Effective automatic detection of anterior cruciate ligament injury using convolutional neural network with two attention mechanism modules.

机构信息

Department of Minimally Invasive Surgery and Sports Medicine, The 2Nd Affiliated Hospital of Harbin Medical University, Harbin, 150001, China.

Department of Control Science and Engineering, Harbin Institute of Technology, Harbin, 150001, China.

出版信息

BMC Med Imaging. 2023 Sep 11;23(1):120. doi: 10.1186/s12880-023-01091-6.

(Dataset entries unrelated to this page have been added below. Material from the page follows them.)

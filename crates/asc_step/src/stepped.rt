/// What a step came to.
#[derive(Clone, Copy, Debug, PartialEq, Eq)]
pub enum Stepped {
    /// The step was taken.
    Went,
    /// The program calls its environment. The state is as it was, with the pc at the call.
    Call,
    /// The program faults. The state is as it was.
    Faulted(Fault),
}

use asc_model::Fault;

DOI:10.1186/s12880-023-01091-6
PMID:37697236
原文链接:https://pmc.ncbi.nlm.nih.gov/articles/PMC10494428/
Abstract

BACKGROUND

To develop a fully automated CNN detection system based on magnetic resonance imaging (MRI) for ACL injury, and to explore the feasibility of CNN for ACL injury detection on MRI images.

METHODS

Including 313 patients aged 16 - 65 years old, the raw data are 368 pieces with injured ACL and 100 pieces with intact ACL. By adding flipping, rotation, scaling and other methods to expand the data, the final data set is 630 pieces including 355 pieces of injured ACL and 275 pieces of intact ACL. Using the proposed CNN model with two attention mechanism modules, data sets are trained and tested with fivefold cross-validation.

RESULTS

The performance is evaluated using accuracy, precision, sensitivity, specificity and F1 score of our proposed CNN model, with results of 0.8063, 0.7741, 0.9268, 0.6509 and 0.8436. The average accuracy in the fivefold cross-validation is 0.8064. For our model, the average area under curves (AUC) for detecting injured ACL has results of 0.8886.

CONCLUSION

We propose an effective and automatic CNN model to detect ACL injury from MRI of human knees. This model can effectively help clinicians diagnose ACL injury, improving diagnostic efficiency and reducing misdiagnosis and missed diagnosis.

摘要

背景

开发一种基于磁共振成像(MRI)的完全自动化卷积神经网络(CNN)检测系统,用于 ACL 损伤,并探讨 CNN 在 MRI 图像上检测 ACL 损伤的可行性。

方法

纳入 313 例 16-65 岁患者,原始数据为 368 份 ACL 损伤和 100 份 ACL 完整的 MRI。通过添加翻转、旋转、缩放等方法对数据进行扩充,最终数据集为 630 份,包括 355 份 ACL 损伤和 275 份 ACL 完整的 MRI。使用具有两个注意力机制模块的建议 CNN 模型,对数据集进行五重交叉验证训练和测试。

结果

使用我们提出的 CNN 模型的准确性、精确性、敏感性、特异性和 F1 评分来评估性能,结果分别为 0.8063、0.7741、0.9268、0.6509 和 0.8436。五重交叉验证的平均准确率为 0.8064。对于我们的模型,检测 ACL 损伤的平均曲线下面积(AUC)为 0.8886。

结论

我们提出了一种有效的自动 CNN 模型,用于从人类膝关节的 MRI 中检测 ACL 损伤。该模型可以有效帮助临床医生诊断 ACL 损伤,提高诊断效率,减少误诊和漏诊。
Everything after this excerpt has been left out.